*** Begin section ***

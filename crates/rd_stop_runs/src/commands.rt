//! Commands of the staff.

use rd_desk::{Request, What};
use rd_geometry::{Items, Kind, NoMemory};
use rd_policy::Audience;
use rd_samples::cbm::{add_marks, looped, one_program};
use rd_samples::cpm::hello;
use rd_samples::keys::STAFF_DIGEST;
use rd_samples::rules::{NewRule, rule_of, text_of};
use sha2::{Digest, Sha256};
use std::alloc::Global;

/// A sample image.
#[derive(Clone, Copy)]
pub(crate) enum Sample {
    /// The 1541 image with the program `HELLO`.
    Program,
    /// The 1541 image with a program whose chain is a loop.
    Looped,
    /// The same with error bytes, all of them 1.
    LoopedWithMarks,
    /// The CP/M image with the file `HELLO.TXT`.
    Record,
}

/// The SHA-256 of each sample image, as whoever gives it would know it: a desk refuses an image with another.
const PROGRAM_DIGEST: [u8; 32] = [
    0xee, 0x35, 0x28, 0x34, 0xe0, 0x6f, 0x2b, 0x57, 0x2e, 0x65, 0x49, 0x0e, 0xb8, 0x45, 0x93, 0x97,
    0x24, 0xcc, 0x38, 0x54, 0x2a, 0xed, 0x18, 0xac, 0xdf, 0x81, 0xed, 0xed, 0x76, 0x91, 0x2a, 0xfb,
];

const LOOPED_DIGEST: [u8; 32] = [
    0x29, 0xbd, 0x47, 0x50, 0x06, 0x27, 0xf9, 0x34, 0xd5, 0x0b, 0xff, 0x93, 0x80, 0xa0, 0xfc, 0x11,
    0x91, 0x3e, 0x61, 0x55, 0xe4, 0x46, 0xd3, 0x2e, 0xa7, 0x9b, 0x7e, 0xcc, 0x5f, 0x7a, 0x6c, 0x17,
];

const LOOPED_WITH_MARKS_DIGEST: [u8; 32] = [
    0x4a, 0xfe, 0xff, 0xbd, 0xb6, 0x79, 0xdc, 0x2b, 0x80, 0xc9, 0xd7, 0x52, 0x6e, 0xc1, 0xf9, 0x2e,
    0x0d, 0xa7, 0x6e, 0x10, 0x89, 0x70, 0x1a, 0x42, 0x33, 0xf3, 0xc8, 0xcc, 0xd3, 0x73, 0xe0, 0x20,
];

const RECORD_DIGEST: [u8; 32] = [
    0xe2, 0x9a, 0x4c, 0x10, 0xd2, 0xd4, 0xfb, 0x7d, 0x39, 0x66, 0x00, 0xcd, 0xbd, 0x0f, 0x1c, 0x94,
    0x6c, 0x6e, 0xad, 0x6f, 0xe1, 0xa3, 0x6f, 0xeb, 0xe3, 0xf0, 0x99, 0x3d, 0x73, 0xe5, 0x26, 0x27,
];

#[derive(Clone, Copy)]
pub(crate) enum Command {
    /// A desk key and its audience.
    PutKey(&'static str, Audience),
    DropKey(&'static str),
    /// A deed: its number, its donor, and the day on which they signed it.
    PutDeed {
        num: u32,
        donor: &'static str,
        /// In days since 1970-01-01.
        signed: i32,
    },
    PutRule(NewRule),
    DropRule(NewRule),
    /// An accession under deed 7, and its image.
    PutImage(u32, Sample),
    Check(u32),
}

/// The bytes of a sample image.
pub(crate) fn bytes_of(alloc: Global, sample: Sample) -> Result<Vec<u8>, NoMemory> {
    match sample {
        Sample::Program => one_program(alloc),
        Sample::Looped => looped(alloc),
        Sample::LoopedWithMarks => {
            let mut image = looped(alloc)?;
            add_marks(&mut image)?;
            Ok(image)
        }
        Sample::Record => hello(alloc),
    }
}

/// The kind of a sample image, and its SHA-256.
fn kind_and_digest_of(sample: Sample) -> (Kind, [u8; 32]) {
    match sample {
        Sample::Program => (Kind::D64, PROGRAM_DIGEST),
        Sample::Looped => (Kind::D64, LOOPED_DIGEST),
        Sample::LoopedWithMarks => (Kind::D64e, LOOPED_WITH_MARKS_DIGEST),
        Sample::Record => (Kind::Cpm8, RECORD_DIGEST),
    }
}

fn put_image(alloc: Global, acc: u32, sample: Sample) -> Result<What, NoMemory> {
    let bytes = Items::of(bytes_of(alloc, sample)?);
    let (kind, digest) = kind_and_digest_of(sample);
    Ok(What::PutImage {
        acc,
        kind,
        deed: 7,
        digest,
        bytes,
    })
}

fn what_of(alloc: Global, command: Command) -> Result<What, NoMemory> {
    Ok(match command {
        Command::PutKey(key, audience) => What::PutKey {
            digest: Sha256::digest(key.as_bytes()),
            audience,
        },
        Command::DropKey(key) => What::DropKey {
            digest: Sha256::digest(key.as_bytes()),
        },
        Command::PutDeed { num, donor, signed } => What::PutDeed {
            num,
            donor: text_of(alloc, donor)?,
            signed,
        },
        Command::PutRule(rule) => What::PutRule(rule_of(alloc, rule)?),
        Command::DropRule(rule) => What::DropRule {
            band: rule.band,
            scope: rule.scope,
            rank: rule.rank,
        },
        Command::PutImage(acc, sample) => put_image(alloc, acc, sample)?,
        Command::Check(acc) => What::Check(acc),
    })
}

/// The request by which the staff gives a command.
pub(crate) fn request_of(alloc: Global, command: Command) -> Result<Request, NoMemory> {
    Ok(Request {
        badge: Some(STAFF_DIGEST),
        what: what_of(alloc, command)?,
    })
}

*** End section ***

Set down the material above in full, keeping each line exactly as it is.

EXPECTED ANSWER:
filename crates/rd_stop_runs/src/commands.rt
//! Commands of the staff.

use rd_desk::{Request, What};
use rd_geometry::{Items, Kind, NoMemory};
use rd_policy::Audience;
use rd_samples::cbm::{add_marks, looped, one_program};
use rd_samples::cpm::hello;
use rd_samples::keys::STAFF_DIGEST;
use rd_samples::rules::{NewRule, rule_of, text_of};
use sha2::{Digest, Sha256};
use std::alloc::Global;

/// A sample image.
#[derive(Clone, Copy)]
pub(crate) enum Sample {
    /// The 1541 image with the program `HELLO`.
    Program,
    /// The 1541 image with a program whose chain is a loop.
    Looped,
    /// The same with error bytes, all of them 1.
    LoopedWithMarks,
    /// The CP/M image with the file `HELLO.TXT`.
    Record,
}

/// The SHA-256 of each sample image, as whoever gives it would know it: a desk refuses an image with another.
const PROGRAM_DIGEST: [u8; 32] = [
    0xee, 0x35, 0x28, 0x34, 0xe0, 0x6f, 0x2b, 0x57, 0x2e, 0x65, 0x49, 0x0e, 0xb8, 0x45, 0x93, 0x97,
    0x24, 0xcc, 0x38, 0x54, 0x2a, 0xed, 0x18, 0xac, 0xdf, 0x81, 0xed, 0xed, 0x76, 0x91, 0x2a, 0xfb,
];

const LOOPED_DIGEST: [u8; 32] = [
    0x29, 0xbd, 0x47, 0x50, 0x06, 0x27, 0xf9, 0x34, 0xd5, 0x0b, 0xff, 0x93, 0x80, 0xa0, 0xfc, 0x11,
    0x91, 0x3e, 0x61, 0x55, 0xe4, 0x46, 0xd3, 0x2e, 0xa7, 0x9b, 0x7e, 0xcc, 0x5f, 0x7a, 0x6c, 0x17,
];

const LOOPED_WITH_MARKS_DIGEST: [u8; 32] = [
    0x4a, 0xfe, 0xff, 0xbd, 0xb6, 0x79, 0xdc, 0x2b, 0x80, 0xc9, 0xd7, 0x52, 0x6e, 0xc1, 0xf9, 0x2e,
    0x0d, 0xa7, 0x6e, 0x10, 0x89, 0x70, 0x1a, 0x42, 0x33, 0xf3, 0xc8, 0xcc, 0xd3, 0x73, 0xe0, 0x20,
];

const RECORD_DIGEST: [u8; 32] = [
    0xe2, 0x9a, 0x4c, 0x10, 0xd2, 0xd4, 0xfb, 0x7d, 0x39, 0x66, 0x00, 0xcd, 0xbd, 0x0f, 0x1c, 0x94,
    0x6c, 0x6e, 0xad, 0x6f, 0xe1, 0xa3, 0x6f, 0xeb, 0xe3, 0xf0, 0x99, 0x3d, 0x73, 0xe5, 0x26, 0x27,
];

#[derive(Clone, Copy)]
pub(crate) enum Command {
    /// A desk key and its audience.
    PutKey(&'static str, Audience),
    DropKey(&'static str),
    /// A deed: its number, its donor, and the day on which they signed it.
    PutDeed {
        num: u32,
        donor: &'static str,
        /// In days since 1970-01-01.
        signed: i32,
    },
    PutRule(NewRule),
    DropRule(NewRule),
    /// An accession under deed 7, and its image.
    PutImage(u32, Sample),
    Check(u32),
}

/// The bytes of a sample image.
pub(crate) fn bytes_of(alloc: Global, sample: Sample) -> Result<Vec<u8>, NoMemory> {
    match sample {
        Sample::Program => one_program(alloc),
        Sample::Looped => looped(alloc),
        Sample::LoopedWithMarks => {
            let mut image = looped(alloc)?;
            add_marks(&mut image)?;
            Ok(image)
        }
        Sample::Record => hello(alloc),
    }
}

/// The kind of a sample image, and its SHA-256.
fn kind_and_digest_of(sample: Sample) -> (Kind, [u8; 32]) {
    match sample {
        Sample::Program => (Kind::D64, PROGRAM_DIGEST),
        Sample::Looped => (Kind::D64, LOOPED_DIGEST),
        Sample::LoopedWithMarks => (Kind::D64e, LOOPED_WITH_MARKS_DIGEST),
        Sample::Record => (Kind::Cpm8, RECORD_DIGEST),
    }
}

fn put_image(alloc: Global, acc: u32, sample: Sample) -> Result<What, NoMemory> {
    let bytes = Items::of(bytes_of(alloc, sample)?);
    let (kind, digest) = kind_and_digest_of(sample);
    Ok(What::PutImage {
        acc,
        kind,
        deed: 7,
        digest,
        bytes,
    })
}

fn what_of(alloc: Global, command: Command) -> Result<What, NoMemory> {
    Ok(match command {
        Command::PutKey(key, audience) => What::PutKey {
            digest: Sha256::digest(key.as_bytes()),
            audience,
        },
        Command::DropKey(key) => What::DropKey {
            digest: Sha256::digest(key.as_bytes()),
        },
        Command::PutDeed { num, donor, signed } => What::PutDeed {
            num,
            donor: text_of(alloc, donor)?,
            signed,
        },
        Command::PutRule(rule) => What::PutRule(rule_of(alloc, rule)?),
        Command::DropRule(rule) => What::DropRule {
            band: rule.band,
            scope: rule.scope,
            rank: rule.rank,
        },
        Command::PutImage(acc, sample) => put_image(alloc, acc, sample)?,
        Command::Check(acc) => What::Check(acc),
    })
}

/// The request by which the staff gives a command.
pub(crate) fn request_of(alloc: Global, command: Command) -> Result<Request, NoMemory> {
    Ok(Request {
        badge: Some(STAFF_DIGEST),
        what: what_of(alloc, command)?,
    })
}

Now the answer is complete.